Scan the listing below for "wasn", then report every line that has it.
====
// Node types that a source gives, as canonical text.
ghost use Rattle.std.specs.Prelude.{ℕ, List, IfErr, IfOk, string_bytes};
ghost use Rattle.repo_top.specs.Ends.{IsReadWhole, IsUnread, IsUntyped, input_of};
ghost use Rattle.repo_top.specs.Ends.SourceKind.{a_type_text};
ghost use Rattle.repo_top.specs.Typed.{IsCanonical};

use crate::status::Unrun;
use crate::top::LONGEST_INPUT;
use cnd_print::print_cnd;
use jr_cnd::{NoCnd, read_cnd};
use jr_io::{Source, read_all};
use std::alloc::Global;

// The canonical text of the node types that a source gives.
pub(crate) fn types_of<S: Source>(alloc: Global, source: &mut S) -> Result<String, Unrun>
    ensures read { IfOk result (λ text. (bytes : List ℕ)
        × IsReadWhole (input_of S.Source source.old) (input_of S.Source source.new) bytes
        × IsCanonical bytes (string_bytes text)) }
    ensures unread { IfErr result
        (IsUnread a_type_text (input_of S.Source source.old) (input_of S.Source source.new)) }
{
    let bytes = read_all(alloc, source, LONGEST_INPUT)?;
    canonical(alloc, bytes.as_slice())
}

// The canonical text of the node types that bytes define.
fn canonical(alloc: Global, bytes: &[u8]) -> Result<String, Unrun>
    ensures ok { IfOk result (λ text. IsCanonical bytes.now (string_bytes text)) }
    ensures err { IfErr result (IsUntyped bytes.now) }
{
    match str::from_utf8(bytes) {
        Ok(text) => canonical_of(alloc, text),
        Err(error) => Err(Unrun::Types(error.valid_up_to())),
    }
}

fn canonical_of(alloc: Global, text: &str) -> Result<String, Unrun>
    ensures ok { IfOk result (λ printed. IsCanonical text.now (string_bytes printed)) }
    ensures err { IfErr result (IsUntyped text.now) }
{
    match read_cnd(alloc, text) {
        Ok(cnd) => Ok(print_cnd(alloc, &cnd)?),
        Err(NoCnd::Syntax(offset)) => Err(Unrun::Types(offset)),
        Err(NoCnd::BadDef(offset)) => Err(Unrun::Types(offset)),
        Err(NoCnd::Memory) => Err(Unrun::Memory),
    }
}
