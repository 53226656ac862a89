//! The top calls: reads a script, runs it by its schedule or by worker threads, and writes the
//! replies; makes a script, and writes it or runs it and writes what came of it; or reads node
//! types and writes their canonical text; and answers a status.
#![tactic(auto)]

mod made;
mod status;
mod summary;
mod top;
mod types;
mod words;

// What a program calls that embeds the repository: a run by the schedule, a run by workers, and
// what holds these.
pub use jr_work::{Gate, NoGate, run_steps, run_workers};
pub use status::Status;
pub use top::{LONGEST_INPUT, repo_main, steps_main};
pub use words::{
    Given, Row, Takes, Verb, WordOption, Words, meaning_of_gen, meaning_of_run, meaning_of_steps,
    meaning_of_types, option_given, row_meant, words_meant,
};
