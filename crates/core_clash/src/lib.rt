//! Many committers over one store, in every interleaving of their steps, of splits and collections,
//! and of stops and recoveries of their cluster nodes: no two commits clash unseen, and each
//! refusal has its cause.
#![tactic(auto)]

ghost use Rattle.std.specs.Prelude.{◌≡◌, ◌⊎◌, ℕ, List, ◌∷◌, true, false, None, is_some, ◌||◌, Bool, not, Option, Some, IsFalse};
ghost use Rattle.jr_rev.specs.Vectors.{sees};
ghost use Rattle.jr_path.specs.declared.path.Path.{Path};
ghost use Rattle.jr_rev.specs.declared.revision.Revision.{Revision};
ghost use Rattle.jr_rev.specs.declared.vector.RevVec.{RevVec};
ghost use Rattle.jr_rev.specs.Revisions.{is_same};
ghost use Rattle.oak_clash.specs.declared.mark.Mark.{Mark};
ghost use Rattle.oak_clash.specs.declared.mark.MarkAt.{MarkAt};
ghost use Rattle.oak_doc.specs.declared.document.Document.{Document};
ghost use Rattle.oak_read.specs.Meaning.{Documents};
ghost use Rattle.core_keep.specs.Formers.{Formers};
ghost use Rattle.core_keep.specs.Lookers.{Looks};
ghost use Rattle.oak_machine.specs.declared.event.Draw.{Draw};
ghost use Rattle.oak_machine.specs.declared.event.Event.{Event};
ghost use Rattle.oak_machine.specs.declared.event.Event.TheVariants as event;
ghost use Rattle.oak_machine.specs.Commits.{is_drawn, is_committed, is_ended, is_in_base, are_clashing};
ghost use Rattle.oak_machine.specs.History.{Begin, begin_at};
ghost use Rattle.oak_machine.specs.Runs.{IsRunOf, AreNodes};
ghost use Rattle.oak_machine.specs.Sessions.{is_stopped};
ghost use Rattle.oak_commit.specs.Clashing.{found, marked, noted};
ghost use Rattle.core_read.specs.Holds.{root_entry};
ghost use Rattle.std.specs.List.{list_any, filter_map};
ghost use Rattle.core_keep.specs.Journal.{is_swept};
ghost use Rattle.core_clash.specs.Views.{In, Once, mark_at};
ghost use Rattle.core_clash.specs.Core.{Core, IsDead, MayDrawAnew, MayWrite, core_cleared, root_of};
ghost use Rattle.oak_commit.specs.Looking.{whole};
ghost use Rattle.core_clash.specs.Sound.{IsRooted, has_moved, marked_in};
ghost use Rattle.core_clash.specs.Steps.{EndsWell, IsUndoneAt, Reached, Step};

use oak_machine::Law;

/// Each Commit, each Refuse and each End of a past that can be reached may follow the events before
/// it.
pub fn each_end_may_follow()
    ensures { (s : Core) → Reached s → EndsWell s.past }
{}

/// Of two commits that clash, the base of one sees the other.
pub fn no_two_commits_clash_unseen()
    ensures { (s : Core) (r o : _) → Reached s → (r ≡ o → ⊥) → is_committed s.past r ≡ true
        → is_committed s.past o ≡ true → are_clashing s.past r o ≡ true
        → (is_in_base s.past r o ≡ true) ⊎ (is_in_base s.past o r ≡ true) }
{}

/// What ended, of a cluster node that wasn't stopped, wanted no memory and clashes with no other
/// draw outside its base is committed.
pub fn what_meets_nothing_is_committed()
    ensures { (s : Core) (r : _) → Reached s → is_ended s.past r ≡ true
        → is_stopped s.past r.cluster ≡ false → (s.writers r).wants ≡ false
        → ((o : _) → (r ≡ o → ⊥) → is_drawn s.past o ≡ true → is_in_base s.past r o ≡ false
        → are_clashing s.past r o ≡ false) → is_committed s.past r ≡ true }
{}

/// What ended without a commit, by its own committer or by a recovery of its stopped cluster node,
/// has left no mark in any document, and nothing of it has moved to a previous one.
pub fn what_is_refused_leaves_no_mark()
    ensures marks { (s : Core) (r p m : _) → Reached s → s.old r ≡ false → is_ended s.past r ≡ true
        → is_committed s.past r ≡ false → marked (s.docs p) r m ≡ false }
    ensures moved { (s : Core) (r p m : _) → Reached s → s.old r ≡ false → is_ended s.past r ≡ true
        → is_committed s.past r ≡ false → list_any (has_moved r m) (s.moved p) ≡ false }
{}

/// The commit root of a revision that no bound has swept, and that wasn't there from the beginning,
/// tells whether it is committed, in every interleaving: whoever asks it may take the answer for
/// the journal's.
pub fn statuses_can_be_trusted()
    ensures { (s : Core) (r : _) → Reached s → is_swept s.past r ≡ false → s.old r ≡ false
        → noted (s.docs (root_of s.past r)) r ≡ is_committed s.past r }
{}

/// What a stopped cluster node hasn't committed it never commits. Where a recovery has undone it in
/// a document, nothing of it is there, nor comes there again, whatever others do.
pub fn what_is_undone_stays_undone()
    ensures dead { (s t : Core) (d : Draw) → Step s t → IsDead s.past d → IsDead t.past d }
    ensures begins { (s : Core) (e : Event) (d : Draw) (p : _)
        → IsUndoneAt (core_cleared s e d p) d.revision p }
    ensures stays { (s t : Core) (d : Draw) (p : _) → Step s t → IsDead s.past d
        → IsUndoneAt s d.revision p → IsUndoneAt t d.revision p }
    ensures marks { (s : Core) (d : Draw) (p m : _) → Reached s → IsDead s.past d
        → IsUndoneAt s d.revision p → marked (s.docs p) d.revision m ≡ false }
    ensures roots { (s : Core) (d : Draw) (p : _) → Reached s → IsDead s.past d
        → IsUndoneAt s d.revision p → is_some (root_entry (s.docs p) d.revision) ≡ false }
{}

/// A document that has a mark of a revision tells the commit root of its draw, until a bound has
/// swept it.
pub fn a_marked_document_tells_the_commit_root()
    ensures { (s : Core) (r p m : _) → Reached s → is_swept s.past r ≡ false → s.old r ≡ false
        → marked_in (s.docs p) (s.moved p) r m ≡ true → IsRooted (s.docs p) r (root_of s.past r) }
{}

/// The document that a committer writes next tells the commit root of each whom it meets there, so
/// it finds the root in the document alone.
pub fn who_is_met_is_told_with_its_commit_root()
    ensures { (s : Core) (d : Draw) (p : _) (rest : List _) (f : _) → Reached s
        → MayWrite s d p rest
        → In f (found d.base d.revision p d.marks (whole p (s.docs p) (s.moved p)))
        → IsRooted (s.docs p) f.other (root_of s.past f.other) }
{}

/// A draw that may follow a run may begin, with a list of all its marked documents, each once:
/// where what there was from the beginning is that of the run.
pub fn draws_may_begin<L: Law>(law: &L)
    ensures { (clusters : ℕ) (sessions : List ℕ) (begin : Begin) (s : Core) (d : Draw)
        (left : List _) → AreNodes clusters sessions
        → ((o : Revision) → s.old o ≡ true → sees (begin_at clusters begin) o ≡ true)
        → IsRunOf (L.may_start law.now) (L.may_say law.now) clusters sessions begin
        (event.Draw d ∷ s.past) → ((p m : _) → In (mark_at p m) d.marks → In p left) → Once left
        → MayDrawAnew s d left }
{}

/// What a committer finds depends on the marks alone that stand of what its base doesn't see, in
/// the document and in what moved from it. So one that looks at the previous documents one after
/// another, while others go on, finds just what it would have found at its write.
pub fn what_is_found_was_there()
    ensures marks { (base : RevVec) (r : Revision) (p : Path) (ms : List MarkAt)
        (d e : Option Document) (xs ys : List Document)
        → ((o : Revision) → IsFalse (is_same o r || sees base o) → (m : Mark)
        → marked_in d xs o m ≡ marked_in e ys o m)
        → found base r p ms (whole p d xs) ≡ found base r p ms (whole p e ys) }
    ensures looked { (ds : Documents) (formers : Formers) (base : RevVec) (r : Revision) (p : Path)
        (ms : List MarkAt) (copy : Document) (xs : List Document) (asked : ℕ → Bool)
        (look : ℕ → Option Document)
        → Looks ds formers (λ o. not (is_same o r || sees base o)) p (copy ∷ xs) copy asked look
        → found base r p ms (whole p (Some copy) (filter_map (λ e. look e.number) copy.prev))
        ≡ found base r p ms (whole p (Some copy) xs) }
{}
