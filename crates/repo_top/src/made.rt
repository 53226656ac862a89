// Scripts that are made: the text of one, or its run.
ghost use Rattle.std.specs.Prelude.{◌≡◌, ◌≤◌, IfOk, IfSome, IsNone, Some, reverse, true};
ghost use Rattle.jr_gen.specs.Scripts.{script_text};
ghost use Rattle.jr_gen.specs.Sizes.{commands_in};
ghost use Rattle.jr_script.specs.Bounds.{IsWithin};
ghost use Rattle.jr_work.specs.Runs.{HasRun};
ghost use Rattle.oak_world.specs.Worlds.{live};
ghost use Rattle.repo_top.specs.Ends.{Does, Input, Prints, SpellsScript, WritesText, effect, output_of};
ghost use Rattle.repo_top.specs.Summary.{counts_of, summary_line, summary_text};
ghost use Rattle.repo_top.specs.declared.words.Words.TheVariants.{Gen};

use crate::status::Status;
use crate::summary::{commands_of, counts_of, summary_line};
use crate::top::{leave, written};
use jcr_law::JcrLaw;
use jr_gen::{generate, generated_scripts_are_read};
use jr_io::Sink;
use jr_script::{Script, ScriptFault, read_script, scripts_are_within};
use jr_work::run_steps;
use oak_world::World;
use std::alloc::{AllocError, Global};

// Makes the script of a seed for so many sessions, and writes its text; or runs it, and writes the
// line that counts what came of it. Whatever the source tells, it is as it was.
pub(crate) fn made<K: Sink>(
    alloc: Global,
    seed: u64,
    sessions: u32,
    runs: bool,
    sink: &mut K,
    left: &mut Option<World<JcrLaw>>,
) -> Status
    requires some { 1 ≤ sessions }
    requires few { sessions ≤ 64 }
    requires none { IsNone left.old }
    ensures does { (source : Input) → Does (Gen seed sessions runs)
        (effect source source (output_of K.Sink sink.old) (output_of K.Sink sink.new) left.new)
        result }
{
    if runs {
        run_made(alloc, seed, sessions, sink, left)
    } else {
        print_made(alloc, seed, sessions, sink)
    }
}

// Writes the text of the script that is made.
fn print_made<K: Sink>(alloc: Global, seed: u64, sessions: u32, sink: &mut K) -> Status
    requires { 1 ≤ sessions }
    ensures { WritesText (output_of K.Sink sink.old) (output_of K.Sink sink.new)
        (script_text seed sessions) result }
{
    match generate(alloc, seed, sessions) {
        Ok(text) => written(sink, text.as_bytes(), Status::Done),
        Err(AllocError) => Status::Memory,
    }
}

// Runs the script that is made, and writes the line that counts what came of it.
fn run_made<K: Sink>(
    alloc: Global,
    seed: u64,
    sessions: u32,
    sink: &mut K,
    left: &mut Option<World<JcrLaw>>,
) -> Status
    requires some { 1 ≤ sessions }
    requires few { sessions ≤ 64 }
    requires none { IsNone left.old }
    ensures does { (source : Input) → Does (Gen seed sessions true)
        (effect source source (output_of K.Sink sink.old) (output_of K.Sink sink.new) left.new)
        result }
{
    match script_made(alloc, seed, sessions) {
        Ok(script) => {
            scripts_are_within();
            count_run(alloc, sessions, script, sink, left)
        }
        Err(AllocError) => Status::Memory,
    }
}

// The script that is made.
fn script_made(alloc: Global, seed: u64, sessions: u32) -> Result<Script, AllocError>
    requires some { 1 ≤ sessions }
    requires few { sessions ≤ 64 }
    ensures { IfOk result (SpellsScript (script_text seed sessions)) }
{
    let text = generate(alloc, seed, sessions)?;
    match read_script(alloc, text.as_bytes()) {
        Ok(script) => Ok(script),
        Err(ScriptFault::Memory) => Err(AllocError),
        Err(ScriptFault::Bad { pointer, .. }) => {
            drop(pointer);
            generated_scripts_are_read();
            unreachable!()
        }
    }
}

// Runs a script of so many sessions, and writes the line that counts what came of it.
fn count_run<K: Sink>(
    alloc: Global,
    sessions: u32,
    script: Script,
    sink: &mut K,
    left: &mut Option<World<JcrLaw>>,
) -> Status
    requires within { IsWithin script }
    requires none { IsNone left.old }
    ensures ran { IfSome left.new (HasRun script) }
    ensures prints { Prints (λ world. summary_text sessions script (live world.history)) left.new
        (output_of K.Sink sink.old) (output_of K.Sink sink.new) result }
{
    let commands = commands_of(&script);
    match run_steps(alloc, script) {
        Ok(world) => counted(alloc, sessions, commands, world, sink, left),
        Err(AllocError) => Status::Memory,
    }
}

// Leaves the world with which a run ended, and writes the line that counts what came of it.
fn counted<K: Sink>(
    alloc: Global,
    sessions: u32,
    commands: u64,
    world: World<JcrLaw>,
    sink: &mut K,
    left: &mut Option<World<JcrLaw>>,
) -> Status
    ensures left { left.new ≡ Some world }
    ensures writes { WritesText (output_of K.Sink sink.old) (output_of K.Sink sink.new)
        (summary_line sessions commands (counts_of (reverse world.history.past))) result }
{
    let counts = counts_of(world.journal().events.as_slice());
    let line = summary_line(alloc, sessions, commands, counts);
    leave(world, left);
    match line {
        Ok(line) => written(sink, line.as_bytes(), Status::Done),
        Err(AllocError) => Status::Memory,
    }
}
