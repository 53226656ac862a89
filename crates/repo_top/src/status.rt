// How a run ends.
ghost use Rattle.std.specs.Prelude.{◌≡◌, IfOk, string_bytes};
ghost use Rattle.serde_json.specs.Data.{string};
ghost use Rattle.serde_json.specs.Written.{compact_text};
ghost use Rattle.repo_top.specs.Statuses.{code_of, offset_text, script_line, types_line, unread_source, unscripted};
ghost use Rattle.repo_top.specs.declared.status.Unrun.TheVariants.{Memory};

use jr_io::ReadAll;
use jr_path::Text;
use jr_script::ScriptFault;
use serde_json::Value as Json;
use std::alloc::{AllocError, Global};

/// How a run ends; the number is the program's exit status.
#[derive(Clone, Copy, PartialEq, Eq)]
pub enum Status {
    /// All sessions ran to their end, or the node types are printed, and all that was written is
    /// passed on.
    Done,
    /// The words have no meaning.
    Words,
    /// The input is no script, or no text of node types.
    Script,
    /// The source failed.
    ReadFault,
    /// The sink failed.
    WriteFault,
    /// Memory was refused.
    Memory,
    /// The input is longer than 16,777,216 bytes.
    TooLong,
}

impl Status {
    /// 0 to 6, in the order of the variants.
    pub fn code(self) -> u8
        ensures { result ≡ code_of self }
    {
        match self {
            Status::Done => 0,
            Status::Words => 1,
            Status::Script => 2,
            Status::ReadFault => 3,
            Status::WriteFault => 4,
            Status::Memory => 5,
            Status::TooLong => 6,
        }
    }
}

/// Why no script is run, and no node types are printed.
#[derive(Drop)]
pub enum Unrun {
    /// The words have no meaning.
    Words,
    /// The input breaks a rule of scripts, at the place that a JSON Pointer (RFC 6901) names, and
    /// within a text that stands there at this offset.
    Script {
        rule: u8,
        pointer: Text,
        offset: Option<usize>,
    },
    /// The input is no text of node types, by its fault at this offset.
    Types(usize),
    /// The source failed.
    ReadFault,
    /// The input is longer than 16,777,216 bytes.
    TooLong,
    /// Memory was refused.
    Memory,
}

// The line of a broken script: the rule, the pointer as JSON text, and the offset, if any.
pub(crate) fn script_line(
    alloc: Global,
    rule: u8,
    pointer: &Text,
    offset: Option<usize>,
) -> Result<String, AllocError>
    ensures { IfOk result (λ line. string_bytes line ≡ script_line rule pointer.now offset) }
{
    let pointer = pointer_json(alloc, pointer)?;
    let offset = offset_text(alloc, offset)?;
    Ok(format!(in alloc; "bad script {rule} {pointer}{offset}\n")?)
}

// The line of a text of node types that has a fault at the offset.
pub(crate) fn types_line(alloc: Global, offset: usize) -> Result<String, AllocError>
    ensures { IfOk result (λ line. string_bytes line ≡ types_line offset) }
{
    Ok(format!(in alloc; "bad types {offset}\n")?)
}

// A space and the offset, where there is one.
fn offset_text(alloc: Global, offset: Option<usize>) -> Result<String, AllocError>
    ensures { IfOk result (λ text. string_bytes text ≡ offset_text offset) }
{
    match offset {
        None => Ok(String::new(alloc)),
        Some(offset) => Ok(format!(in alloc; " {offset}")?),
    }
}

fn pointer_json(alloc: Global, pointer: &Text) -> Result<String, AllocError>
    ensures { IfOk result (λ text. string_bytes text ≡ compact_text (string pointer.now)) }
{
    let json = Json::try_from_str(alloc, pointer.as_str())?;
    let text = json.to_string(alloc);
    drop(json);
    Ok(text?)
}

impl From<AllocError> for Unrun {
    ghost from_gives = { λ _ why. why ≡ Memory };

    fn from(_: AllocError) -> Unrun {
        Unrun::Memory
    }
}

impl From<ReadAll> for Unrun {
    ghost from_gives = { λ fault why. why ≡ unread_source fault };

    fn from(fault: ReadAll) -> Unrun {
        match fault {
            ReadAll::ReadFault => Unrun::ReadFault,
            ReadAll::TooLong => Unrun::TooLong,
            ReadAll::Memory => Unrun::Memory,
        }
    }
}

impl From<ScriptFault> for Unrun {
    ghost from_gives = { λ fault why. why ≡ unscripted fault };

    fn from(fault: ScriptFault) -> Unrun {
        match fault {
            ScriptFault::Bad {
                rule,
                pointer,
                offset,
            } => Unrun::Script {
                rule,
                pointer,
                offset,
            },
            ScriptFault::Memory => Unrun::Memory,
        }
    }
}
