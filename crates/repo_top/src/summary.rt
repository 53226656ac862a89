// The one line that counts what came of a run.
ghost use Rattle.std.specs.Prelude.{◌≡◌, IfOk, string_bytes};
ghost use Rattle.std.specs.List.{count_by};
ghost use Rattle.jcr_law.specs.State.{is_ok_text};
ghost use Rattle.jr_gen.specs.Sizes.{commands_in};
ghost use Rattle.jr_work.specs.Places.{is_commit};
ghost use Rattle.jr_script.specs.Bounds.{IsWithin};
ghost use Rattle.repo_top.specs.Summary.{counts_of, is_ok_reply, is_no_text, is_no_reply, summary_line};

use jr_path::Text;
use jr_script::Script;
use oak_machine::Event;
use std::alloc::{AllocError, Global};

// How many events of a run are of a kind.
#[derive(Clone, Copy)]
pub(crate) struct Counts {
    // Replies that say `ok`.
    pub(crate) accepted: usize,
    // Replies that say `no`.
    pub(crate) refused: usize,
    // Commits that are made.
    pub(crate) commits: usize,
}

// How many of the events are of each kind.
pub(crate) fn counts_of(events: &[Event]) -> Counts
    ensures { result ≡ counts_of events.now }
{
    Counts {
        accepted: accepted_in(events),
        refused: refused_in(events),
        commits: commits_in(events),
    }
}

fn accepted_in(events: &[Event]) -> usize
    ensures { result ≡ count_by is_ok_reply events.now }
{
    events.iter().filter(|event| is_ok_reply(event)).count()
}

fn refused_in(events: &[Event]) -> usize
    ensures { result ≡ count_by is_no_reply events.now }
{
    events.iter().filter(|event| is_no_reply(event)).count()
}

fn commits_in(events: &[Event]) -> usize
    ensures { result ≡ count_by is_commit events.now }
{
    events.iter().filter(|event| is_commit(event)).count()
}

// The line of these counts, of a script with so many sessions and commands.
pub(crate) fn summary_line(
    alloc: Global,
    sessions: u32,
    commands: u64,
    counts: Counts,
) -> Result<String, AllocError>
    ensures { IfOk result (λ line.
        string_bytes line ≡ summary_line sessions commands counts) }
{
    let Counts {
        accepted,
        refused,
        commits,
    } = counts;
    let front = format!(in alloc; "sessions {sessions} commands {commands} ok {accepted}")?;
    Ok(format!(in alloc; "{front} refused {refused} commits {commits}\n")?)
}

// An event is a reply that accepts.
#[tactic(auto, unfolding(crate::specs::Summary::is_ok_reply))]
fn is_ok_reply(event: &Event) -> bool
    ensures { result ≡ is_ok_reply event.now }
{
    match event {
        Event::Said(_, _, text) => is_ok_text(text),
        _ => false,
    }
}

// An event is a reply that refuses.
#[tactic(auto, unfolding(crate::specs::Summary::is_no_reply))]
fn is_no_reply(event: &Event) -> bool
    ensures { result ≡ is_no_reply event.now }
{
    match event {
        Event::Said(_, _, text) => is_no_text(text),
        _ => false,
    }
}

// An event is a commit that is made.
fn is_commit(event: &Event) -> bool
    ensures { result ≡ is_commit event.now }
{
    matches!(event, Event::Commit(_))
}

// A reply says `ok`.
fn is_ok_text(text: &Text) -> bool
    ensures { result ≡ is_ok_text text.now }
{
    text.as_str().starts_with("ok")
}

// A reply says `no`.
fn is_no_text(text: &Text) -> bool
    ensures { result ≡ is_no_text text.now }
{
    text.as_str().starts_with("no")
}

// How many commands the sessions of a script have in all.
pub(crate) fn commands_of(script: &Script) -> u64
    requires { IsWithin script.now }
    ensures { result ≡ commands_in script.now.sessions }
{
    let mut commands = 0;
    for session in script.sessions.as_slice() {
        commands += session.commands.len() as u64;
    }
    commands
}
====
Output for this task –
/// What ended, of a cluster node that wasn't stopped, wanted no memory and clashes with no other
/// The commit root of a revision that no bound has swept, and that wasn't there from the beginning,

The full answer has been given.